The DOE moved ahead with the plan after winning approval from a federal court. Republican leaders in South Carolina, including Sen. Graham, supported building the fuel factory as a way to provide potentially thousands of jobs and to comply with the international nuclear non proliferation accord with Russia.
The Department of Energy’s plan to remove the 7.1 metric tons, announced in the federal register notice, is part of the 34 metric tons that had been targeted for interim storage and feedstock for the fuel plant at SRS, said Ed Lyman, who tracks SRS issues for the Union of Concerned Scientists in Washington, DC.
Lyman and Tom Clements, who heads Savannah River Site Watch, estimated the amount shipped to SRS as part of the nuclear non proliferation effort was 7 to 10 metric tons. The remainder of the 34 metric tons have not been shipped to SRS, much of that still at the Pantex nuclear weapons site in Texas, Lyman and Clements said.

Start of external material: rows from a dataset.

//! Parting a line into its first word and the rest.
ghost use Rattle.std.specs.Prelude.{◌≡◌};
ghost use Rattle.console.specs.Words.{absent, after_word, trimmed, unindented, word, word_length};

/// What ends a word.
const SPACE: u8 = b' ';

/// What a remark begins with.
const REMARK: u8 = b'#';

// Kept as functions, `trim` and `trim_start`: they say the library's trims in the words of `specs/`, once.
/// The text without the white space at its ends.
pub fn trim(text: &[u8]) -> &[u8]
    ensures { result.now ≡ trimmed text.now }
{
    text.trim_ascii()
}

/// The text without the white space in front.
pub fn trim_start(text: &[u8]) -> &[u8]
    ensures { result.now ≡ unindented text.now }
{
    text.trim_ascii_start()
}

/// The first word of the text, and what follows it.
pub fn split_word(text: &[u8]) -> (&[u8], &[u8])
    ensures first { result.0.now ≡ word text.now }
    ensures rest { result.1.now ≡ after_word text.now }
{
    text.split_at(word_length(text))
}

/// How many bytes stand before the first space.
fn word_length(text: &[u8]) -> usize
    ensures { result ≡ word_length text.now }
{
    text.iter().position(|c| *c == SPACE).unwrap_or(text.len())
}

/// Whether there is no word, or it begins a remark.
pub fn is_absent(word: &[u8]) -> bool
    ensures { result ≡ absent word.now }
{
    word.first().is_none_or(|first| *first == REMARK)
}
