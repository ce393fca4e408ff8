//! What is expected where a command cannot be carried out.
ghost use Rattle.std.specs.Prelude.{◌≡◌, Some};
ghost use Rattle.console.specs.Answers.{expected_text};
ghost use Rattle.console.specs.Failures.{expected_for};

use hex_text::parse::ParseError;
use std::fmt;
use std::fmt::{Formatter, Write};

/// The greatest length that a command may give.
pub const MOST_LENGTH: u32 = 1_000_000;

/// What was expected, of the line or of the session.
#[derive(Clone, Copy)]
pub enum Expected {
    /// A command as the first word.
    Command,
    /// Two hexadecimal digits for each byte, with spaces between.
    Bytes,
    /// A length from 0 to `MOST_LENGTH`.
    Length,
    /// Nothing behind the command.
    LineEnd,
    /// A current query.
    Query,
    /// More memory.
    Memory,
}

impl From<ParseError> for Expected {
    ghost from_gives = { λ e y. y ≡ expected_for e };

    fn from(error: ParseError) -> Expected {
        match error {
            ParseError::NotHex => Expected::Bytes,
            ParseError::Memory => Expected::Memory,
        }
    }
}

impl fmt::Display for Expected {
    ghost output = { λ e. Some (expected_text e) };

    fn fmt<W: Write>(&self, f: &mut Formatter<W>) -> fmt::Result {
        match self {
            Expected::Command => f.write_str("query, write or show"),
            Expected::Bytes => f.write_str(
                "two hexadecimal digits for each byte, with spaces between",
            ),
            Expected::Length => write!(f, "a length from 0 to {MOST_LENGTH}"),
            Expected::LineEnd => f.write_str("nothing behind the command"),
            Expected::Query => f.write_str("a current query"),
            Expected::Memory => f.write_str("more memory"),
        }
    }
}
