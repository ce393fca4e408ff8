//! What the lines of a console ask about queries.
ghost use Rattle.hex_text.specs.Reading.{read_text};
ghost use Rattle.console.specs.Numerals.{most_length, number_from};
ghost use Rattle.console.specs.Requests.{asked, asked_by, query_of, show_before, write_at, Meets, Obeys};

use crate::expected::{Expected, MOST_LENGTH};
use crate::line::{is_absent, split_word, trim, trim_start};
use crate::number::number_of;
use hex_text::parse;
use std::alloc::Global;

// Kept as an enum that a session matches on: a line is read whole before its command is carried out.
/// What a line asks.
#[derive(Drop)]
pub enum Command {
    /// Reads the bytes as a query, which becomes the current one.
    Query(Vec<u8>),
    /// Writes the current query into a buffer of so many bytes.
    Write(u32),
    /// Shows the current query as a person reads it.
    Show,
}

impl Command {
    /// The command that stands in the line, by its first word; white space at the line's ends does not
    /// matter. None where the line is blank or a remark; an error where it asks nothing that can be carried
    /// out, or where memory for the bytes of a query is wanting.
    pub fn parse(heap: Global, line: &[u8]) -> Result<Option<Command>, Expected>
        ensures { Meets (asked line.now) result }
    {
        let (word, rest) = split_word(trim(line));
        if is_absent(word) {
            return Ok(None);
        }
        Ok(Some(Command::of(heap, word, rest)?))
    }

    /// The command of the word, with what follows it.
    fn of(heap: Global, word: &[u8], rest: &[u8]) -> Result<Command, Expected>
        ensures { Obeys (asked_by word.now rest.now) result }
    {
        match word {
            b"query" => Command::query(heap, rest),
            b"write" => Command::write(trim_start(rest)),
            b"show" => Command::show(rest),
            _ => Err(Expected::Command),
        }
    }

    /// The query whose bytes the text says.
    fn query(heap: Global, text: &[u8]) -> Result<Command, Expected>
        ensures { Obeys (query_of (read_text text.now)) result }
    {
        Ok(Command::Query(parse::parse(heap, text)?))
    }

    /// The writing at the length that the text says.
    fn write(text: &[u8]) -> Result<Command, Expected>
        ensures { Obeys (write_at (number_from most_length text.now)) result }
    {
        number_of(text, MOST_LENGTH)
            .map(Command::Write)
            .ok_or(Expected::Length)
    }

    /// The listing, if the text is empty.
    fn show(text: &[u8]) -> Result<Command, Expected>
        ensures { Obeys (show_before text.now) result }
    {
        match text {
            [] => Ok(Command::Show),
            _ => Err(Expected::LineEnd),
        }
    }
}
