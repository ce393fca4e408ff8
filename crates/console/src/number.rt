//! Numbers, as decimal digits.
ghost use Rattle.std.specs.Prelude.{◌≡◌};
ghost use Rattle.console.specs.Numerals.{ReadsNumerals, digit_value, followed, number_from};

// Kept as a fold: `parse` wants text and takes a plus in front, which no number of a line may have.
/// The number that decimal digits say; none where there is no digit or something else, or where the number is
/// greater than `most`.
pub fn number_of(digits: &[u8], most: u32) -> Option<u32>
    ensures said { result ≡ number_from most digits.now }
    ensures law { ReadsNumerals most digits.now result }
{
    if digits.is_empty() {
        return None;
    }
    digits
        .iter()
        .try_fold(0, |number, c| followed_by(number, *c))
        .filter(|number| *number <= most)
}

/// The number with the digit behind its own; none where `c` is no digit, or the number has no room.
fn followed_by(number: u32, c: u8) -> Option<u32>
    ensures { result ≡ followed number c }
{
    number.checked_mul(10)?.checked_add(digit(c)?)
}

/// What a decimal digit counts.
fn digit(c: u8) -> Option<u32>
    ensures { result ≡ digit_value c }
{
    char::from(c).to_digit(10)
}
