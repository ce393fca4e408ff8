//! What a session answers.
ghost use Rattle.std.specs.Prelude.{Some};
ghost use Rattle.console.specs.Answers.{answer_line};

use hex_text::text::HexText;
use query::inspect::Counts;
use std::fmt;
use std::fmt::{Formatter, Write};

/// The answer to a command. It shows as its line, without the line's end.
#[derive(Drop)]
pub enum Answer {
    /// The bytes are a query, which is the current one now.
    Counts(Counts),
    /// The current query was written, as these bytes.
    Bytes(Vec<u8>),
    /// The current query is to be shown, in place of a line.
    Shown,
}

impl fmt::Display for Answer {
    ghost output = { λ a. Some (answer_line a) };

    fn fmt<W: Write>(&self, f: &mut Formatter<W>) -> fmt::Result {
        match self {
            Answer::Counts(counts) => write!(f, "query: {counts}"),
            Answer::Bytes(bytes) => {
                let text = HexText {
                    bytes: bytes.as_slice(),
                };
                write!(f, "bytes: {text}")
            }
            Answer::Shown => Ok(()),
        }
    }
}
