//! The text of a trace, and of what is found against it, one line each. If memory runs out, nothing is stated of what
//! was appended.

ghost use Rattle.std.specs.Prelude.{◌≡◌, ◌++◌, OnOk, codes};
ghost use Rattle.meet_run.specs.Scripts.Spelling.{place_text, option_text};
ghost use Rattle.meet_run.specs.Tracing.TraceSpelling.{side_text, paired_text, deed_text};
ghost use Rattle.meet_run.specs.Tracing.TraceWording.{head_line, record_line, why_text, illegal_line};

use crate::text::wording::{cause_word, push_numbered, push_pair};
use meet_history::Why;
use meet_tickets::{Deed, Kind, Order, Record, Side, Ticket};
use std::alloc::AllocError;

/// Returns a place's word.
pub fn order_word(order: Order) -> &'static [u8]
    ensures { result.now ≡ place_text order }
{
    match order {
        Order::Fair => b"fair",
        Order::Unfair => b"unfair",
        Order::Transfer => b"transfer",
    }
}

/// Appends a number behind a word, where there is one.
fn push_option(out: &mut Vec<u8>, name: &[u8], value: Option<u64>) -> Result<(), AllocError>
    ensures { OnOk result (out.new.items ≡ out.old.items ++ option_text name.now value) }
{
    match value {
        None => Ok(()),
        Some(number) => push_numbered(out, name, number),
    }
}

/// Appends a place's word, and its bound where it has one.
pub(crate) fn push_place(out: &mut Vec<u8>, kind: Kind) -> Result<(), AllocError>
    ensures { OnOk result (out.new.items
        ≡ out.old.items ++ (place_text kind.order ++ option_text (codes " bound ") kind.bound)) }
{
    out.extend_from_slice(order_word(kind.order))?;
    push_option(out, b" bound ", kind.bound)
}

/// Appends a trace's first line.
#[tactic(auto, unfolding(crate::specs::Tracing::TraceWording::head_line))]
pub(crate) fn push_head(out: &mut Vec<u8>, kind: Kind) -> Result<(), AllocError>
    ensures { OnOk result (out.new.items ≡ out.old.items ++ head_line kind) }
{
    out.extend_from_slice(b"trace 1 ")?;
    push_place(out, kind)?;
    out.extend_from_slice(b"\n")
}

/// A side's word.
pub(crate) fn side_word(side: Side) -> &'static [u8]
    ensures { result.now ≡ side_text side }
{
    match side {
        Side::Giver => b"give",
        Side::Taker => b"take",
    }
}

/// Appends two words.
fn push_words(out: &mut Vec<u8>, word: &[u8], second: &[u8]) -> Result<(), AllocError>
    ensures { OnOk result (out.new.items ≡ out.old.items ++ (word.now ++ second.now)) }
{
    out.extend_from_slice(word)?;
    out.extend_from_slice(second)
}

/// Appends a word, a mark and a partner's ticket.
fn push_paired(out: &mut Vec<u8>, word: &[u8], mark: u64, partner: Ticket) -> Result<(), AllocError>
    ensures { OnOk result (out.new.items ≡ out.old.items ++ paired_text word.now mark partner) }
{
    push_pair(out, word, mark, b" ", partner.number())
}

/// Appends a deed.
fn push_deed(out: &mut Vec<u8>, deed: Deed) -> Result<(), AllocError>
    ensures { OnOk result (out.new.items ≡ out.old.items ++ deed_text deed) }
{
    match deed {
        Deed::GiveWaits(mark) => push_numbered(out, b"give-waits ", mark),
        Deed::GiveMeets(mark, taker) => push_paired(out, b"give-meets ", mark, taker),
        Deed::GiveFails(mark) => push_numbered(out, b"give-fails ", mark),
        Deed::GiveKept(mark) => push_numbered(out, b"give-kept ", mark),
        Deed::TakeWaits => out.extend_from_slice(b"take-waits"),
        Deed::TakeMeets(mark, giver) => push_paired(out, b"take-meets ", mark, giver),
        Deed::TakeFails => out.extend_from_slice(b"take-fails"),
        Deed::EntryInterrupted(side) => push_words(out, b"entry-interrupted ", side_word(side)),
        Deed::Done => out.extend_from_slice(b"done"),
        Deed::Got(mark, giver) => push_paired(out, b"got ", mark, giver),
        Deed::Withdrawn(cause) => push_words(out, b"withdrawn ", cause_word(cause)),
        Deed::Interrupt(target) => push_numbered(out, b"interrupt ", target.number()),
    }
}

/// Appends a record's line.
///
/// # Errors
/// - `AllocError`, if an allocation fails.
#[tactic(auto, unfolding(crate::specs::Tracing::TraceWording::record_line))]
pub fn push_record(out: &mut Vec<u8>, entry: Record<Deed>) -> Result<(), AllocError>
    ensures { OnOk result (out.new.items ≡ out.old.items ++ record_line entry) }
{
    push_pair(out, b"", entry.seat.number(), b" ", entry.ticket.number())?;
    out.extend_from_slice(b" ")?;
    push_deed(out, entry.deed)?;
    out.extend_from_slice(b"\n")
}

/// Returns why a record can't come next, as a word.
#[tactic(auto, unfolding(crate::specs::Tracing::TraceWording::why_text))]
pub fn why_word(why: Why) -> &'static [u8]
    ensures { result.now ≡ why_text why }
{
    match why {
        Why::SeatOpen => b"SeatOpen",
        Why::TicketOrder => b"TicketOrder",
        Why::NotOpen => b"NotOpen",
        Why::WrongReply => b"WrongReply",
    }
}

/// Appends the line that names the first record that can't stand, from 1, and the reason.
///
/// # Errors
/// - `AllocError`, if an allocation fails.
#[tactic(auto, unfolding(crate::specs::Tracing::TraceWording::illegal_line))]
pub fn push_illegal(out: &mut Vec<u8>, number: u64, why: Why) -> Result<(), AllocError>
    ensures { OnOk result (out.new.items ≡ out.old.items ++ illegal_line number why) }
{
    push_numbered(out, b"illegal ", number)?;
    out.extend_from_slice(b" ")?;
    out.extend_from_slice(why_word(why))?;
    out.extend_from_slice(b"\n")
}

While the government’s plan to ship the plutonium off of SRS is sure to be hailed by state leaders Monday, Lyman and Clements said it doesn’t explain what will happen with the remainder of the 34 metric tons that was to go to Savannah River Site for use in mixed oxide fuel.
Clements said he thinks much of the remaining 34 metric tons still is destined for SRS. He’s also worried more plutonium will come to SRS for use in a new plutonium pit factory that has been proposed by the federal government. That factory is controversial and may not be built, which would put South Carolina in the same position of having plutonium with no apparent use, Clements said
“I want full answers on what is going on,’’ Clements said. “This is just a piece of the pie. It reveals a bigger issue.’’
Five years ago, the DOE said it would take 6 metric tons from SRS and ship it to the Waste Isolation Pilot Plant in New Mexico. That material was not part of the 34 tons to be shipped from weapons complexes around the country as part of the MOX program, Lyman said.
This story has been updated from an earlier version. Staff Writer John Monk contributed.